# Conditional Probability

Consider a multiple choice exam with four options per question. Suppose that the probability is 0.6 that you know (with certainty) the answer to a randomly selected question. The probability is 0.3 that you eliminate (with certainty) 2 options and guess randomly between 2 options. The probability is 0.1 that you guess randomly among all 4 options.

(a) Find the probability that you answer a randomly selected question correctly.

(b) Find the probability that you just randomly guessed among the 4 options given that you answered a question correctly.

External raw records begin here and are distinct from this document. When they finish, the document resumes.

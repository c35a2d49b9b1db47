//! Keepers on disks that stop again and again.
use crate::disks::{disks_of, open};
use crate::luck::Luck;
use crate::torn::Tearing;
use lynx_keep::Keeper;
use lynx_names::{Memory, ServerId};
use lynx_set::ChainSet;
use lynx_store::SqlKeeper;
use sqlite::{FileStore, Files};
use std::alloc::Global;

/// A keeper on disks that stop.
pub trait Stopping: Keeper + Drop + Sized {
    /// What it lies on.
    type Disks: Drop;

    /// New disks, which stop.
    fn new_disks(alloc: Global, luck: &mut Luck) -> Self::Disks;

    /// The keeper of that server on these disks, made where there is none; the disks where it
    /// doesn't open.
    fn open_on(
        alloc: Global,
        disks: Self::Disks,
        set: &ChainSet,
        server: ServerId,
    ) -> Result<Self, Self::Disks>;

    /// The disks, on which nothing more is written.
    fn into_disks(self) -> Self::Disks;

    /// The disks after the machine stopped and came back. They stop again, or last.
    fn come_back(
        alloc: Global,
        disks: Self::Disks,
        luck: &mut Luck,
        last: bool,
    ) -> Result<Self::Disks, Memory>;
}

/// How many calls the log passes on, and how many the database: one of them stops.
fn calls(luck: &mut Luck) -> (u64, u64) {
    if luck.once_in(3) {
        (u64::MAX, luck.below(60))
    } else {
        (luck.below(120), u64::MAX)
    }
}

/// The files after a stop, of which the log passes so many calls on, and the database so many.
fn torn_files<D: Tearing>(
    alloc: Global,
    files: Files<D>,
    calls: (u64, u64),
    luck: &mut Luck,
) -> Result<Files<D>, Memory> {
    let Files { log, db } = files;
    let log = log.come_back(alloc, calls.0, luck)?;
    let db = db.come_back(alloc, calls.1, luck)?;
    Ok(Files { log, db })
}

impl<D: Tearing> Stopping for SqlKeeper<FileStore<D>> {
    type Disks = Files<D>;

    fn new_disks(alloc: Global, luck: &mut Luck) -> Files<D> {
        let (log, db) = calls(luck);
        Files {
            log: D::blank(alloc, log),
            db: D::blank(alloc, db),
        }
    }

    fn open_on(
        alloc: Global,
        disks: Files<D>,
        set: &ChainSet,
        server: ServerId,
    ) -> Result<SqlKeeper<FileStore<D>>, Files<D>> {
        open(alloc, disks, set, server)
    }

    fn into_disks(self) -> Files<D> {
        disks_of(self)
    }

    fn come_back(
        alloc: Global,
        disks: Files<D>,
        luck: &mut Luck,
        last: bool,
    ) -> Result<Files<D>, Memory> {
        let calls = if last {
            (u64::MAX, u64::MAX)
        } else {
            calls(luck)
        };
        torn_files(alloc, disks, calls, luck)
    }
}
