//! The script of a run that is left to chance.
use crate::choices::Choices;
use crate::plan::Plan;
use crate::script::script_text;
use lynx_names::Memory;
use lynx_set::ChainSet;
use std::alloc::Global;

/// Steps for each chain that is to begin, at most, until the chains are only brought to their ends.
const STEPS: u64 = 16;

/// Hops of a chain, at most, and as many events between them.
const LAST_STEPS: u64 = 32;

/// The text of a script in which at most so many chains begin. Mostly no chain owes a hop at its
/// end, which is for the caller to judge.
pub(crate) fn drawn_script(
    alloc: Global,
    set: &ChainSet,
    begins: u8,
    choices: &mut Choices,
) -> Result<String, Memory> {
    let mut plan = Plan::new(alloc, set)?;
    let mut left = begins;
    let haste = choices.below(12) + 3;
    for _ in 0..STEPS * u64::from(begins) {
        if left == 0 {
            break;
        }
        if choices.below(16) < haste {
            if plan.begin(alloc, choices)? {
                left -= 1;
            }
        } else {
            step(alloc, &mut plan, choices)?;
        }
    }
    for _ in 0..LAST_STEPS * u64::from(begins) {
        if !step(alloc, &mut plan, choices)? {
            break;
        }
    }
    Ok(script_text(alloc, set, plan.events.as_slice())?)
}

/// A chain is brought further, and now and then something goes wrong before. False where no chain
/// owes a hop.
fn step(alloc: Global, plan: &mut Plan, choices: &mut Choices) -> Result<bool, Memory> {
    if choices.once_in(5) {
        plan.stumble(alloc, choices)?;
    }
    plan.advance(alloc, choices)
}
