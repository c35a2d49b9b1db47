//! Tests of stores that stop, with ample memory: at each call of a turn that is settled at once, of
//! an upgrade and of what gives a store to another set; and again and again, in random runs over
//! three servers, whose stores gather to one world in the end. What stores keep and tell where
//! nothing stops them is tried by the program, in tests/test_stores.py and tests/test_extend.py.
#![tactic(auto)]

#[cfg(test)]
mod caller;
#[cfg(test)]
mod changes;
#[cfg(test)]
mod disks;
#[cfg(test)]
mod luck;
#[cfg(test)]
mod presence;
#[cfg(test)]
mod reopening;
#[cfg(test)]
mod seeded;
#[cfg(test)]
mod steps;
#[cfg(test)]
mod stopping;
#[cfg(test)]
mod torn;
#[cfg(test)]
mod turns;
#[cfg(test)]
mod wandering;
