//! The text of a script: docs/FORMATS.md has its lines.
ghost use Rattle.std.specs.Prelude.{◌≡◌, ◌++◌, ◌∷◌, codes, decimal, map, IfOk, OnOk};
ghost use Rattle.std.specs.String.{string_bytes};
ghost use Rattle.lynx_lex.specs.Lines.{line, spaced};
ghost use Rattle.lynx_set.specs.Text.{name_at};
ghost use Rattle.lynx_set.specs.Lookups.{program_names};
ghost use Rattle.lynx_lines.specs.Scripts.{begin_words, event_words, script_of};

use lynx_entry::{Event, Request};
use lynx_names::{ProgramId, ServerId};
use lynx_set::ChainSet;
use std::alloc::{AllocError, Global};
use std::fmt::Write;

/// The one text of these events. A program that the set hasn't is spelled by no byte, and the text
/// may be longer than a script may be.
pub fn script_text(alloc: Global, set: &ChainSet, events: &[Event]) -> Result<String, AllocError>
    ensures { IfOk result (λ text. string_bytes text ≡ script_of set.now events.now) }
{
    let mut text = String::new(alloc);
    for event in events {
        put_event(&mut text, set, event)?;
    }
    Ok(text)
}

/// Writes the line of an event.
fn put_event(text: &mut String, set: &ChainSet, event: &Event) -> Result<(), AllocError>
    ensures { OnOk result (string_bytes text.new ≡ string_bytes text.old
        ++ line (event_words (program_names set.now) event.now)) }
{
    match event {
        Event::Begin {
            server,
            request,
            seen: _,
        } => put_begin(text, set, *server, request),
        Event::Deliver { chain, hop } => write!(text, "deliver {chain} {hop}\n"),
        Event::Wake { server } => write!(text, "wake {server}\n"),
        Event::Lost { chain, hop } => write!(text, "lose {chain} {hop}\n"),
        Event::Restart { server } => write!(text, "restart {server}\n"),
    }
}

/// Writes the line of a begin.
fn put_begin(
    text: &mut String,
    set: &ChainSet,
    server: ServerId,
    request: &Request,
) -> Result<(), AllocError>
    ensures { OnOk result (string_bytes text.new ≡ string_bytes text.old
        ++ line (codes "begin" ∷ begin_words (program_names set.now) server request.now)) }
{
    let client = request.client.number();
    let number = request.number;
    write!(text, "begin {server} {client} {number} ")?;
    put_program(text, set, request.program)?;
    put_numbers(text, request.args.as_slice())?;
    text.push_str("\n")
}

/// Writes the name of a program.
fn put_program(text: &mut String, set: &ChainSet, program: ProgramId) -> Result<(), AllocError>
    ensures { OnOk result (string_bytes text.new ≡ string_bytes text.old
        ++ name_at (program_names set.now) program) }
{
    match set.programs().get_index(program.index()) {
        Some((name, _)) => write!(text, "{name}"),
        None => Ok(()),
    }
}

/// Writes numbers with a space before each.
fn put_numbers(text: &mut String, numbers: &[u64]) -> Result<(), AllocError>
    ensures { OnOk result (string_bytes text.new ≡ string_bytes text.old
        ++ spaced (map decimal numbers.now)) }
{
    for number in numbers {
        write!(text, " {number}")?;
    }
    Ok(())
}
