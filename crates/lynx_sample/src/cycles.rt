//! A search for a run that ends with a cycle: circles of chains, a schedule for one, and arguments
//! with which none of its begins is refused. What it finds is a guess: nothing is promised of it,
//! and who asks looks whether it holds.

pub(crate) use making::made_events;

mod budget;
mod circles;
mod draft;
mod facts;
mod helping;
mod joints;
mod making;
mod playing;
mod pool;
mod program_facts;
mod run;
mod schedule;
mod search;
mod sparing;
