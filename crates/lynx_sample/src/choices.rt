//! What is left to chance.
ghost use Rattle.std.specs.Prelude.{◌<◌};

use rand_core::{Rng, SeedableRng};
use rand_xoshiro::Xoshiro256PlusPlus;

/// Choices that a seed determines, one after another.
#[derive(Drop)]
pub(crate) struct Choices {
    words: Xoshiro256PlusPlus,
}

impl Choices {
    pub(crate) fn new(seed: u64) -> Choices {
        Choices {
            words: Xoshiro256PlusPlus::seed_from_u64(seed),
        }
    }

    /// A number below that one, 0 where there is none.
    pub(crate) fn below(&mut self, count: u64) -> u64
        ensures { 0 < count → result < count }
    {
        if count == 0 {
            0
        } else {
            self.words.next_u64() % count
        }
    }

    /// A place in a list of that length, 0 where it is empty.
    pub(crate) fn place(&mut self, length: usize) -> usize
        ensures { 0 < length → result < length }
    {
        self.below(length as u64) as usize
    }

    /// Whether it is to be, once in so many times.
    pub(crate) fn once_in(&mut self, times: u64) -> bool {
        self.below(times) == 0
    }
}
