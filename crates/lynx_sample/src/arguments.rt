//! Arguments that a chain can begin with.
use crate::choices::Choices;
use lynx_names::{Memory, ProgramId, ServerId, TableId, Values};
use lynx_set::{Action, ChainSet, Hop, Interval, Key, Program, range_of};
use std::alloc::Global;

/// Numbers that are tried where a parameter is no key.
const SMALL: [u64; 13] = [0, 1, 2, 3, 4, 5, 6, 7, 8, 9, 10, 50, 100];

/// An argument for each parameter of the program, none where the set hasn't it. They may fail the
/// checks of a request.
pub(crate) fn random_arguments(
    alloc: Global,
    set: &ChainSet,
    program: ProgramId,
    meeting: &[u64],
    choices: &mut Choices,
) -> Result<Values, Memory> {
    let mut arguments = Values::new(alloc);
    if let Some(program) = set.program(program) {
        let ranges = program.ranges.as_slice();
        for parameter in 0..program.parameters.min(255) {
            let parameter = parameter as u8;
            let drawn = random_argument(alloc, set, program, parameter, meeting, choices)?;
            arguments.push(within(range_of(ranges, parameter), drawn, choices))?;
        }
    }
    Ok(arguments)
}

/// A number at which chains can meet, or a key where the parameter is one, or a small number.
fn random_argument(
    alloc: Global,
    set: &ChainSet,
    program: &Program,
    parameter: u8,
    meeting: &[u64],
    choices: &mut Choices,
) -> Result<u64, Memory> {
    if choices.once_in(2) {
        if let Some(number) = meeting.get(choices.place(meeting.len())) {
            return Ok(*number);
        }
    }
    let uses = uses_as_key(alloc, program, parameter)?;
    match uses.as_slice().get(choices.place(uses.len())) {
        Some((table, server)) => Ok(random_key(set, *table, *server, choices)),
        None => Ok(small_number(choices)),
    }
}

/// One of the small numbers.
fn small_number(choices: &mut Choices) -> u64 {
    SMALL[choices.place(SMALL.len())]
}

/// The tables of which the parameter is a key, each with the server of the hop.
fn uses_as_key(
    alloc: Global,
    program: &Program,
    parameter: u8,
) -> Result<Vec<(TableId, ServerId)>, Memory> {
    let mut uses = Vec::new(alloc);
    for hop in program.hops.as_slice() {
        add_uses(&mut uses, hop, parameter)?;
    }
    Ok(uses)
}

/// Adds those in the hop.
fn add_uses(uses: &mut Vec<(TableId, ServerId)>, hop: &Hop, parameter: u8) -> Result<(), Memory> {
    for action in hop.actions.as_slice() {
        if let Some(table) = table_by(action, parameter) {
            uses.push((table, hop.server))?;
        }
    }
    Ok(())
}

/// The table of the action's cell, where its key is the parameter.
fn table_by(action: &Action, parameter: u8) -> Option<TableId> {
    let (table, key) = action.cell()?;
    if key == Key::Param(parameter) {
        Some(table)
    } else {
        None
    }
}

/// One of the first keys of a shard that the server keeps of the table, 0 where it keeps none.
fn random_key(set: &ChainSet, table: TableId, server: ServerId, choices: &mut Choices) -> u64 {
    let Some(shards) = set.shards().tables().get(table.index()) else {
        return 0;
    };
    let shards = shards.as_slice();
    let count = shards.iter().filter(|shard| shard.server == server).count();
    let place = choices.place(count);
    let offset = choices.below(4).saturating_sub(choices.below(4));
    match shards
        .iter()
        .filter(|shard| shard.server == server)
        .nth(place)
    {
        Some(shard) => shard.low.saturating_add(offset).min(shard.high),
        None => 0,
    }
}

/// The number, or where it isn't in the range one that is.
fn within(range: Option<Interval>, number: u64, choices: &mut Choices) -> u64 {
    match range {
        Some(range) if !range.holds(number) => match choices.below(3) {
            0 => range.low,
            1 => range.high,
            _ => range.low.saturating_add(number).min(range.high),
        },
        _ => number,
    }
}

This is what I have so far :

$$P(A)=0.6$$ $$P(B)=0.3$$ $$P(C)=0.1$$ $$P(A)+P(B)+P(C) = 0.6+0.3*0.5+0.1*0.25=0.775$$

Using Bayes Rule : $$P(C|Correct)=\frac{P(Correct|C)P(C)}{P(Correct|C)P(C)+P(Correct|B^c)P(B^c)}$$

• If "B^c" means the complement of B, I think you actually meant to use the complement of C; and anyway you probably should split whatever it is into two cases. Apr 14, 2015 at 6:51

$$P(C \mid \mbox{correct}) = \frac{P(\mbox{correct} \mid C) P(C)}{P(\mbox{correct})} = \frac{(1/4)(1/10)}{31/40} = 1/31$$
(a) Law of Total Probability: $$P(Right) = P(R) = P(R\cap A) + P(R\cap B) + P(R \cap C).$$ Then $P(R \cap B) = P(B)P(R|B) = (.3)(1/2),$ and similarly for the other two terms.
(b) Bayes' Theorem: $P(C|R) = P(C \cap R)/P(R),$ where the denominator is the answer to (a) and the numerator is one of the terms in (a).